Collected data
-- -- --
// Sequences that clear a small field, and the queues that they cover.
ghost use Rattle.std.specs.Prelude.{◌≡◌, ◌<◌};
ghost use Rattle.problem.specs.Problem.{IsFit};

use crate::questions::{Question, is_so, problem};
use cover::CoverSet;
use hold_queue::Hold;
use problem::{Problem, Sequence};
use reach::Steps;
use srs::{Piece, Placement, Rotation};
use std::alloc::Global;
use std::marker::Brand;
use std::sync::ledger::{Blank, Ledger};

fn flat(piece: Piece) -> Sequence {
    let mut sequence = Sequence::new();
    sequence.push(Placement {
        piece,
        rotation: Rotation::Spawn,
        x: 7,
        y: 0,
    });
    sequence
}

/// How many queues a sequence covers, and the first of them. `None` if it had no memory.
fn answered<L: Ledger>(
    alloc: Global,
    blank: Blank,
    problem: Problem,
    sequence: &Sequence,
) -> Option<(u32, Option<u32>)>
    requires name { blank.name ≡ L.name }
    requires parts { blank.parts ≡ L.parts }
    requires some { 0 < blank.parts }
    requires fit { IsFit problem }
{
    let mut steps = Steps::<L>::new(blank);
    let Ok(mut set) = CoverSet::start(alloc, problem) else {
        return None;
    };
    if set.add(sequence, &mut steps).is_err() || set.add(sequence, &mut steps).is_err() {
        return None;
    }
    let mut count = 0;
    for number in 0..problem.pattern.count() {
        if set.next_covered(number) == Some(number) {
            count += 1;
        }
    }
    Some((count, set.next_covered(0)))
}

const WITH_HOLD: Question = (b"XXXXXX____", 1, "*p2", Hold::Allowed);

const WITHOUT: Question = (b"XXXXXX____", 1, "*p2", Hold::Avoided);

/// Questions, the flat piece of a sequence, how many queues it covers, and the first of them.
const COVERED: &[(Question, Piece, u32, Option<u32>)] = &[
    // It is played first or second.
    (WITH_HOLD, Piece::I, 12, Some(0)),
    // It is played first.
    (WITHOUT, Piece::I, 6, Some(0)),
    // It leaves cells.
    (WITH_HOLD, Piece::T, 0, None),
];

#[test]
fn queues_that_a_flat_piece_covers(rt: HostRuntime) {
    for (question, piece, count, first) in COVERED {
        let asked = problem(&rt, question);
        let found = answered::<Brand>(rt.alloc(), Blank::new(1), asked, &flat(*piece));
        is_so(
            &rt,
            found == Some((*count, *first)),
            "queues of a flat piece",
        );
    }
}
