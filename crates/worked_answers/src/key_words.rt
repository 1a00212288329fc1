// Key words in an empty well.
ghost use Rattle.std.specs.Prelude.{◌≡◌};

use crate::questions::is_so;
use key_path::Finder;
use moves::DropMode;
use srs::{Piece, Placement, Rotation, Rules, is_inside};
use well::Well;

/// A T in rotation 0 with its pivot in column 4.
fn t_piece(y: u8) -> Placement
    ensures x { result.x ≡ 4 }
    ensures y { result.y ≡ y }
{
    Placement {
        piece: Piece::T,
        rotation: Rotation::Spawn,
        x: 4,
        y,
    }
}

const MODES: &[DropMode] = &[DropMode::Soft, DropMode::Hard];

#[test]
fn a_floating_target_has_no_word(rt: HostRuntime) {
    let mut finder = Finder::new(rt.alloc()).expect(&rt, "memory");
    let (floating, landed) = (t_piece(5), t_piece(0));
    assert!(rt; is_inside(&floating) && is_inside(&landed));
    for drop_mode in MODES {
        let none = finder.find(&Well::empty(), &Rules::srs(), &floating, *drop_mode);
        let word = finder.find(&Well::empty(), &Rules::srs(), &landed, *drop_mode);
        let is_empty = matches!(&word, Some(keys) if keys.is_empty());
        is_so(&rt, none.is_none() && is_empty, "words of a T");
    }
}
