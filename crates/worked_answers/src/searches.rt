// A search whose first position has no tiling, and searches that are resumed.
ghost use Rattle.std.specs.Prelude.{◌≡◌, ◌<◌};
ghost use Rattle.problem.specs.Problem.{IsFit};

use crate::questions::{Question, is_so, problem};
use enumerate::{Problem, Search, Sequence, needed};
use hold_queue::Hold;
use reach::Steps;
use std::alloc::Global;
use std::marker::Brand;
use std::sync::ledger::{Blank, Ledger};

/// Whether the first answer of a search is a solution, how many floods it took, and how many dead boards the search
/// keeps then. `None` if it had no memory.
fn first_answer<L: Ledger>(
    alloc: Global,
    blank: Blank,
    problem: Problem,
) -> Option<(bool, u64, usize)>
    requires name { blank.name ≡ L.name }
    requires parts { blank.parts ≡ L.parts }
    requires some { 0 < blank.parts }
    requires fit { IsFit problem }
{
    let mut steps = Steps::<L>::new(blank);
    let Ok(mut search) = Search::start(alloc, problem, None) else {
        return None;
    };
    let solution = search.next(&mut steps);
    Some((solution.is_some(), search.floods(), search.dead_boards()))
}

/// Whether two answers are the same.
fn is_same(one: &Option<Sequence>, other: &Option<Sequence>) -> bool {
    match (one, other) {
        (None, None) => true,
        (Some(one), Some(other)) => one.as_slice() == other.as_slice(),
        _ => false,
    }
}

/// The first answer of a search after a sequence. `None` also if it had no memory.
fn resumed<L: Ledger>(
    alloc: Global,
    problem: Problem,
    after: &Option<Sequence>,
    steps: &mut Steps<L>,
) -> Option<Sequence>
    requires { IsFit problem }
{
    let after = match after {
        None => None,
        Some(sequence) => {
            if sequence.len() != usize::from(needed(&problem)) {
                return None;
            }
            match Sequence::try_from(sequence.as_slice()) {
                Ok(copy) => Some(copy),
                Err(_) => return None,
            }
        }
    };
    match Search::start(alloc, problem, after) {
        Ok(mut search) => search.next(steps),
        Err(_) => None,
    }
}

/// How many solutions a search gives, if the search that is resumed after each of them gives the next one. `None` if
/// one differs, if there are more than `most`, or if it had no memory.
fn count_resumed<L: Ledger>(alloc: Global, blank: Blank, problem: Problem, most: u32) -> Option<u32>
    requires name { blank.name ≡ L.name }
    requires parts { blank.parts ≡ L.parts }
    requires some { 0 < blank.parts }
    requires fit { IsFit problem }
{
    let mut steps = Steps::<L>::new(blank);
    let Ok(mut search) = Search::start(alloc, problem, None) else {
        return None;
    };
    let mut after = None;
    for count in 0..most {
        let next = search.next(&mut steps);
        if !is_same(&next, &resumed(alloc, problem, &after, &mut steps)) {
            return None;
        }
        if next.is_none() {
            return Some(count);
        }
        after = next;
    }
    None
}

const TWO_SQUARES: &Question = &(b"XXXXXXXX__/XXXXXX____/XXXXXXXX__", 3, "OO", Hold::Allowed);

#[test]
fn a_field_without_a_tiling_is_kept_as_dead(rt: HostRuntime) {
    let two_squares = problem(&rt, TWO_SQUARES);
    let found = first_answer::<Brand>(rt.alloc(), Blank::new(1), two_squares);
    is_so(&rt, found == Some((false, 0, 1)), "a dead board");
}

/// Questions, and how many solutions they have.
const RESUMED: &[(Question, u32)] = &[
    ((b"__________", 4, "ILJOSZTILJ", Hold::Avoided), 319),
    ((b"XXXXXX____/XXXXXX____", 2, "OO", Hold::Allowed), 2),
];

#[test]
fn a_search_is_resumed_after_each_solution(rt: HostRuntime) {
    for (question, solutions) in RESUMED {
        let asked = problem(&rt, question);
        let found = count_resumed::<Brand>(rt.alloc(), Blank::new(1), asked, 400);
        is_so(&rt, found == Some(*solutions), question.2);
    }
}
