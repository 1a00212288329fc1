// The bits of one pattern, in enough room and in too little.
ghost use Rattle.std.specs.Prelude.{◌≡◌, ◌<◌};

use crate::questions::{is_so, one_row};
use pc_good_queues::{NoBits, QueueCounts, bytes_for, write_good_queues};
use pc_settings::PercentSettings;
use reach::Steps;
use std::alloc::Global;
use std::marker::Brand;
use std::sync::ledger::{Blank, Ledger};

/// Asks which queues of two pieces clear one row with an `I`.
fn asked<L: Ledger>(alloc: Global, blank: Blank, bits: &mut [u8]) -> Result<QueueCounts, NoBits>
    requires name { blank.name ≡ L.name }
    requires parts { blank.parts ≡ L.parts }
    requires some { 0 < blank.parts }
{
    let settings = PercentSettings {
        common: one_row("*p2"),
        failed: 0,
    };
    let mut steps = Steps::<L>::new(blank);
    write_good_queues(alloc, &settings, &[], bits, &mut steps)
}

/// The queues from `IL` to `IS`, `LI`, `OI`, `ZI`, `TI`, `JI` and `SI`, and two bytes that are left alone.
const BITS: [u8; 8] = [0x7f, 0x10, 0x04, 0x41, 0x10, 0, 0xa5, 0xa5];

#[test]
fn each_queue_has_its_bit(rt: HostRuntime) {
    let mut bits = [0xa5; 8];
    let found = asked::<Brand>(rt.alloc(), Blank::new(1), &mut bits);
    let counted = matches!(found, Ok(counts) if counts.queues == 42 && counts.good == 12);
    is_so(&rt, counted, "queues");
    is_so(&rt, bits == BITS, "bits");
}

#[test]
fn too_little_room_is_left_alone(rt: HostRuntime) {
    let mut bits = [0xa5; 5];
    let found = asked::<Brand>(rt.alloc(), Blank::new(1), &mut bits);
    let is_refused = matches!(found, Err(NoBits::NoRoom { queues: 42 }));
    is_so(&rt, is_refused, "too little room");
    is_so(&rt, bits == [0xa5; 5], "bits that are left alone");
    is_so(&rt, bytes_for(42) == 6, "bytes of 42 bits");
}
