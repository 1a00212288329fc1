// The tails of patterns, and sets of them, with cases that cross blocks and states.
use hold_queue::Hold;
use pc_outside::NoMemory;
use queue_pattern::{Pattern, Queue};
use srs::Piece;
use std::alloc::Global;
use tails::{TailSet, TailTree};

/// A set of these numbers. Sets don't ask which tails they stand for.
fn set_of(alloc: Global, numbers: &[u64]) -> Result<TailSet, NoMemory> {
    let mut set = TailSet::none(alloc);
    for number in numbers {
        set.insert(*number)?;
    }
    Ok(set)
}

fn has_just(alloc: Global, set: &TailSet, numbers: &[u64]) -> Result<bool, NoMemory> {
    Ok(set.numbers(alloc)?.as_slice() == numbers)
}

fn is_set(alloc: Global, numbers: &[u64], wanted: &[u64]) -> Result<bool, NoMemory> {
    has_just(alloc, &set_of(alloc, numbers)?, wanted)
}

fn is_merged(alloc: Global, a: &[u64], b: &[u64], wanted: &[u64]) -> Result<bool, NoMemory> {
    let merged = set_of(alloc, a)?.merged(alloc, &set_of(alloc, b)?)?;
    has_just(alloc, &merged, wanted)
}

fn is_left(alloc: Global, a: &[u64], b: &[u64], wanted: &[u64]) -> Result<bool, NoMemory> {
    let left = set_of(alloc, a)?.without(alloc, &set_of(alloc, b)?)?;
    has_just(alloc, &left, wanted)
}

/// Look-ups one behind the other, in any order.
fn is_found(alloc: Global) -> Result<bool, NoMemory> {
    let set = set_of(alloc, &[5, 63, 64, 1000, 70_000])?;
    let mut next = 0;
    let has_all = set.has_near(&mut next, 5)
        && set.has_near(&mut next, 64)
        && set.has_near(&mut next, 70_000)
        && set.has_near(&mut next, 63);
    Ok(has_all && !set.has_near(&mut next, 999) && !set.has_near(&mut next, 80_000))
}

#[test]
fn sets_of_numbers(rt: HostRuntime) {
    let rising = [2, 5, 63, 64, 1000];
    assert!(rt; is_set(rt.alloc(), &[64, 5, 1000, 2, 5, 63], &rising) == Ok(true));
    assert!(rt;
        is_merged(
            rt.alloc(),
            &[1, 64, 200],
            &[4, 64, 65],
            &[1, 4, 64, 65, 200]
        ) == Ok(true)
    );
    assert!(rt; is_left(rt.alloc(), &[1, 4, 64, 200], &[4, 65, 200], &[1, 64]) == Ok(true));
    assert!(rt; is_found(rt.alloc()) == Ok(true));
}

/// The number of the pieces at hand, the first in the lowest digit of eight.
fn number_of(held: Option<Piece>, queue: &Queue, pieces: usize) -> u64 {
    let mut number = 0u64;
    for index in (0..queue.len().min(pieces)).rev() {
        number = number.wrapping_mul(8) + u64::from(queue[index].code());
    }
    match held {
        Some(piece) => number.wrapping_mul(8) + u64::from(piece.code()),
        None => number,
    }
}

/// Whether each queue of a pattern has a tail in the tree of the pattern that is cut to so many pieces, with the pieces
/// at hand of the queue.
fn has_queues(
    alloc: Global,
    text: &str,
    hold: Hold,
    held: Option<Piece>,
    pieces: u8,
) -> Result<bool, NoMemory> {
    let Ok(pattern) = Pattern::parse(text) else {
        return Ok(false);
    };
    let pieces = pieces.min(20);
    let cut = pattern.cut(pieces);
    if cut.len() > 20 {
        return Ok(false);
    }
    let tree = TailTree::new(alloc, &cut, hold)?;
    let all = tree.all(alloc, held)?;
    for number in 0..cut.count() {
        let tail = tree.start(held, number);
        let wanted = number_of(hold.playable(held), &cut.queue(number), usize::from(pieces));
        if tree.hand(tail) != wanted || !all.has(tail) {
            return Ok(false);
        }
    }
    Ok(all.numbers(alloc)?.len() == cut.count() as usize)
}

/// Patterns, what is held, and to how many pieces they are cut: within an element, behind one, or to more than a queue
/// has. One has a state whose tails are not listed.
const QUEUES: &[(&str, Hold, Option<Piece>, u8)] = &[
    ("", Hold::Allowed, Some(Piece::T), 1),
    ("", Hold::Allowed, None, 2),
    ("*p2,T,[LJ]", Hold::Allowed, None, 3),
    ("*p2,[TIO]p2", Hold::Allowed, Some(Piece::S), 2),
    ("*p2,[TIO]p2", Hold::Avoided, Some(Piece::S), 1),
    ("[TIO]p3,*p2", Hold::Avoided, None, 5),
    ("*p4,*p3", Hold::Allowed, Some(Piece::Z), 7),
];

#[test]
fn tails_of_all_queues(rt: HostRuntime) {
    for (text, hold, held, pieces) in QUEUES {
        let is_so = has_queues(rt.alloc(), text, *hold, *held, *pieces);
        assert!(rt; is_so == Ok(true), "{text}");
    }
}

/// How many tails a pattern has, how many rests are left of them if a T is taken, and from how many tails it can't be
/// taken.
fn count_rests(
    alloc: Global,
    text: &str,
    hold: Hold,
) -> Result<Option<(usize, usize, usize)>, NoMemory> {
    let Ok(pattern) = Pattern::parse(text) else {
        return Ok(None);
    };
    if pattern.len() > 20 {
        return Ok(None);
    }
    let tree = TailTree::new(alloc, &pattern, hold)?;
    let all = tree.all(alloc, None)?;
    let count = all.numbers(alloc)?.len();
    let rests = all.rests_of(alloc, &tree, Piece::T)?;
    let others = all.not_leading_to(alloc, &tree, Piece::T, &rests)?;
    let left = rests.numbers(alloc)?.len();
    Ok(Some((count, left, others.numbers(alloc)?.len())))
}

#[test]
fn rests_of_tails(rt: HostRuntime) {
    // Of the orders of three pieces, 30 begin with a T and 30 have it behind the first.
    let counts = count_rests(rt.alloc(), "*p3", Hold::Avoided);
    assert!(rt; counts == Ok(Some((210, 30, 180))));
    // Both leave the same 30 pairs, since the T is drawn and the other piece is held.
    let counts = count_rests(rt.alloc(), "*p3", Hold::Allowed);
    assert!(rt; counts == Ok(Some((210, 30, 150))));
    // A T is first or second in two of seven orders of a bag. The one behind the bag can't be taken yet.
    let counts = count_rests(rt.alloc(), "*p7,T", Hold::Allowed);
    assert!(rt; counts == Ok(Some((5040, 720, 3600))));
}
-- -- --
◆ Prompt:
Please copy each line of the records above that holds the word "more".

◆ Answer space:
/// one differs, if there are more than `most`, or if it had no memory.
/// Patterns, what is held, and to how many pieces they are cut: within an element, behind one, or to more than a queue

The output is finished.